To run this code and get access to the models, my recommendation is to simply source Figure 2, by issuing the following command in your GRE:

source('figure_2.R')

This will create Figures 2c and 2d (as well as the rest of the plots in Figure 2), and plop the results into YY_PLOTS/FIG_2. But more importantly, your GRE will now contain a dataframe called poly_corr, which summarizes the statistics of each model.

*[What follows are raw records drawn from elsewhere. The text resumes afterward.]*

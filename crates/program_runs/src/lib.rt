// What the machine does in the program of all libraries, in specs/. There is no code here.
#![tactic(auto)]
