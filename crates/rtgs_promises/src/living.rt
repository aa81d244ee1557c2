//! The beginning of sessions with a desk, and their end for lack of memory.
ghost use Rattle.std.specs.Prelude.{◌≡◌, ◌≤◌, false, List, [], length, map, vec_capacity, IfOk, IfErr, IsTrue};
ghost use Rattle.sqlite.specs.Held.{state};
ghost use Rattle.sqlite.specs.State.{HasCleanDisk};
ghost use Rattle.sqlite_trees.specs.View.{IsClean};
ghost use Rattle.rtgs_book.specs.declared.book.Book.{Book};
ghost use Rattle.rtgs_book.specs.declared.command.Command.{Command};
ghost use Rattle.rtgs_book.specs.Calm.{IsCalm};
ghost use Rattle.rtgs_desk.specs.Holding.{Holds};
ghost use Rattle.rtgs_promises.specs.Headline.{EndsEarly};
ghost use Rattle.rtgs_promises.specs.Stops.{LeavesTables};
ghost use Rattle.rtgs_book_file.specs.stored_desk.Stored.{AreTablesOf};

use crate::books::{each_resolution_settles_the_greatest_choice, nothing_settles_early};
use crate::desks::tables_are_exactly_the_book;
use crate::sessions::{NoSession, Unfinished};
use crate::stopping::{opened, store_of};
use rtgs_book::{Refusal, WholeAnswer};
use rtgs_desk::Desk;
use rtgs_keeper::Keeper;
use rtgs_laws::repeats::laws::life_is_a_run;
use rtgs_rows::laws::stored_balances_are_the_postings;
use rtgs_tables::SqlKeeper;
use sqlite::{Alter, Connection};
use std::alloc::Global;

/// Opens a desk, and has room for the replies of this many sessions.
pub(crate) fn begun<S: Alter + Drop>(
    alloc: Global,
    conn: Connection<S>,
    count: usize,
) -> Result<(Vec<Vec<Result<WholeAnswer, Refusal>>>, Desk<SqlKeeper<S>>), Unfinished<S>>
    requires { conn.in_transaction ≡ false }
    ensures none { IfOk result (λ (said, _). (said.items ≡ []) × (count ≤ vec_capacity said)) }
    ensures held { IfOk result (λ (_, desk). HasCleanDisk (state S.Store desk.keeper.conn)
        → IsTrue (state S.Store conn).is_open
        → (book : Book) → AreTablesOf book (state S.Store conn).committed.trees
        → Holds ⟦<SqlKeeper<S> as Keeper>⟧ desk book × IsCalm book) }
    ensures honest { IfOk result (λ (_, desk). HasCleanDisk (state S.Store desk.keeper.conn)
        → HasCleanDisk (state S.Store conn)) }
    ensures ended { IfErr result (λ it. IsClean (S.Store.view it.store) → IsTrue (state S.Store conn).is_open
        → (start : Book) → AreTablesOf start (state S.Store conn).committed.trees → IsCalm start
        → (given : List (List Command))
        → EndsEarly start given (map (λ replies. replies.items) it.said.items) it.cause (S.Store.recovers it.store)) }
    ensures back { IfErr result (λ it. IsClean (S.Store.view it.store) → HasCleanDisk (state S.Store conn)) }
{
    life_is_a_run();
    each_resolution_settles_the_greatest_choice();
    nothing_settles_early();
    stored_balances_are_the_postings();
    let none = Vec::new(alloc);
    let desk = match opened(alloc, conn) {
        Ok(desk) => desk,
        Err((fault, store)) => {
            return Err(Unfinished {
                said: none,
                cause: NoSession::NoDesk(fault),
                store,
            });
        }
    };
    match Vec::with_capacity(alloc, count) {
        Ok(said) => Ok((said, desk)),
        Err(_) => Err(Unfinished {
            said: none,
            cause: NoSession::OutOfMemory,
            store: abandoned(desk),
        }),
    }
}

/// The store of a desk that is abandoned. A crash leaves the tables of its book.
pub(crate) fn abandoned<S: Alter + Drop>(desk: Desk<SqlKeeper<S>>) -> S
    ensures tables { IsClean (S.Store.view result) → (book : Book)
        → Holds ⟦<SqlKeeper<S> as Keeper>⟧ desk book → LeavesTables book (S.Store.recovers result) }
    ensures honest { IsClean (S.Store.view result) → HasCleanDisk (state S.Store desk.keeper.conn) }
{
    tables_are_exactly_the_book(&desk);
    store_of(desk)
}
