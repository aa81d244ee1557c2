//! What the desk answers of orders that wait.
ghost use Rattle.std.specs.Prelude.{◌≡◌, ◌≢◌, ◌⊎◌, ◌^◌, ◌≤ℤ◌, pos, neg_ℤ, true, false, Err, IfErr};
ghost use Rattle.rtgs_book.specs.declared.book.Book.{Book};
ghost use Rattle.rtgs_desk.specs.Holding.{HasInMemory, Holds};
ghost use Rattle.rtgs_desk.specs.Readings.{Tells, held_answer, short_by, waiting_answer};

use super::Desk;
use crate::held::held_among;
use crate::tallies::tally_of;
use rtgs_book::{Order, Refusal, WaitingReading};
use rtgs_keeper::Keeper;
use rtgs_money::{BusinessDate, Code, Units};

impl<K: Keeper> Desk<K> {
    /// The held orders of the participant with this code, by due date and then number. It is `Failed` where the store
    /// has failed, and else `UnknownParticipant` where nobody has the code.
    pub fn held_of(&self, code: &Code) -> Result<Vec<Order>, Refusal>
        ensures answered { (book : Book) → Holds K.Keeper self.now book
            → Tells (λ orders. orders.items) (held_answer book code.now) result }
        // So it is of the book in memory, where none is known to be held.
        ensures remembered { (book : Book) → HasInMemory self.now book → K.has_failed self.now.keeper ≡ false
            → Tells (λ orders. orders.items) (held_answer book code.now) result }
        // Whatever is in memory, a desk whose store has not failed gives no other refusal than these.
        ensures kinds { K.has_failed self.now.keeper ≡ false → IfErr result (λ refusal.
            (refusal ≡ Refusal.UnknownParticipant) ⊎ (refusal ≡ Refusal.OutOfMemory)) }
        ensures failed { K.has_failed self.now.keeper ≡ true → result ≡ Err Refusal.Failed }
        ensures only_failed { result ≡ Err Refusal.Failed → K.has_failed self.now.keeper ≡ true }
        ensures no_fault { result ≢ Err Refusal.StoreFault }
    {
        self.known(code)?;
        Ok(held_among(self.alloc, self.ledger.waiting(), code)?)
    }

    /// Why the orders of the participant with this code wait: the first of its queue, how far its balance is above its
    /// floor, by how much the order exceeds that, and what is queued and held. It is `Failed` where the store has
    /// failed, and else `UnknownParticipant` where nobody has the code.
    pub fn waiting_of(&self, code: &Code) -> Result<WaitingReading, Refusal>
        ensures answered { (book : Book) → Holds K.Keeper self.now book
            → Tells (λ reading. reading) (waiting_answer book code.now) result }
        // So it is of the book in memory, where none is known to be held.
        ensures remembered { (book : Book) → HasInMemory self.now book → K.has_failed self.now.keeper ≡ false
            → Tells (λ reading. reading) (waiting_answer book code.now) result }
        // Whatever is in memory, a desk whose store has not failed gives no other refusal than these.
        ensures kinds { K.has_failed self.now.keeper ≡ false → IfErr result (λ refusal.
            (refusal ≡ Refusal.UnknownParticipant) ⊎ (refusal ≡ Refusal.OutOfMemory)) }
        ensures failed { K.has_failed self.now.keeper ≡ true → result ≡ Err Refusal.Failed }
        ensures only_failed { result ≡ Err Refusal.Failed → K.has_failed self.now.keeper ≡ true }
        ensures no_fault { result ≢ Err Refusal.StoreFault }
    {
        let account = self.known(code)?;
        let queue = self.ledger.queue(code)?;
        let held = held_among(self.alloc, self.ledger.waiting(), code)?;
        let first = queue.as_slice().first().copied();
        let headroom = account.balance.cents() as i128 - self.ledger.floor(&account) as i128;
        Ok(WaitingReading {
            first,
            headroom: Units::new(headroom),
            short: short_by(headroom, &first),
            queued: tally_of(queue.as_slice()),
            held: tally_of(held.as_slice()),
        })
    }
}

// By how much the order, if there is one, exceeds this headroom.
fn short_by(headroom: i128, first: &Option<Order>) -> Units
    requires { neg_ℤ (pos (2 ^ 64)) ≤ℤ headroom }
    ensures { result ≡ short_by headroom first.now }
{
    // Names the type of due dates for the borrow checker, which finds it nowhere else in this function.
    let _no_date: Option<BusinessDate> = None;
    let amount = match first {
        Some(order) => i128::from(order.amount.cents()),
        None => return Units::new(0),
    };
    if headroom < amount {
        Units::new(amount - headroom)
    } else {
        Units::new(0)
    }
}
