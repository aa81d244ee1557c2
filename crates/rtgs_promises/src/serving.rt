//! A request to a desk over tables.
ghost use Rattle.std.specs.Prelude.{◌≡◌};
ghost use Rattle.sqlite.specs.Held.{state};
ghost use Rattle.sqlite.specs.State.{HasCleanDisk};
ghost use Rattle.sqlite.specs.Tree.{Trees};
ghost use Rattle.rtgs_book.specs.declared.book.Book.{Book};
ghost use Rattle.rtgs_desk.specs.Holding.{Holds};
ghost use Rattle.rtgs_promises.specs.Headline.{AreExactly};
ghost use Rattle.rtgs_promises.specs.Keys.{IsServed};

use crate::books::{each_resolution_settles_the_greatest_choice, nothing_settles_early};
use rtgs_desk::Desk;
use rtgs_http_server::{Served, serve_one};
use rtgs_keeper::Keeper;
use rtgs_laws::repeats::laws::life_is_a_run;
use rtgs_money::KeyDigest;
use rtgs_rows::laws::stored_balances_are_the_postings;
use rtgs_tables::SqlKeeper;
use sqlite::Alter;
use std::alloc::Global;
use std::io::{Read, Write};

/// Serves a request. Whatever a crash then leaves, the request came to it.
pub(crate) fn serve<R: Read, W: Write, S: Alter + Drop>(
    alloc: Global,
    desk: &mut Desk<SqlKeeper<S>>,
    reader: &mut R,
    writer: &mut W,
    operator: &KeyDigest,
) -> Served
    ensures comes { HasCleanDisk (state S.Store desk.new.keeper.conn) → (start : Book)
        → Holds ⟦<SqlKeeper<S> as Keeper>⟧ desk.old start
        → (trees : Trees) → (state S.Store desk.new.keeper.conn).may_leave trees
        → (found : Book) × AreExactly found trees
        × IsServed ⟦<SqlKeeper<S> as Keeper>⟧ operator.now start (R.remaining reader.old) (W.contents writer.old)
        (W.contents writer.new) result found }
    ensures honest { HasCleanDisk (state S.Store desk.new.keeper.conn)
        → HasCleanDisk (state S.Store desk.old.keeper.conn) }
{
    life_is_a_run();
    each_resolution_settles_the_greatest_choice();
    nothing_settles_early();
    stored_balances_are_the_postings();
    desk.holds_a_sound_book();
    serve_one(alloc, reader, writer, desk, operator)
}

If you want to get fancy and run the code without producing the whole of Figure 2, another option is to source ZZ_SCRIPTS/load_data.R after requesting that SCVs are loaded (request_scvs <- TRUE) and the models are calculated (request_regs <- TRUE):

request_scvs <- TRUE
request_regs <- TRUE
withRestarts(source("load_data.R"), terminate=function() message('load_data.R: data already loaded. Nice.'))

This equivalently creates the poly_corr dataframe.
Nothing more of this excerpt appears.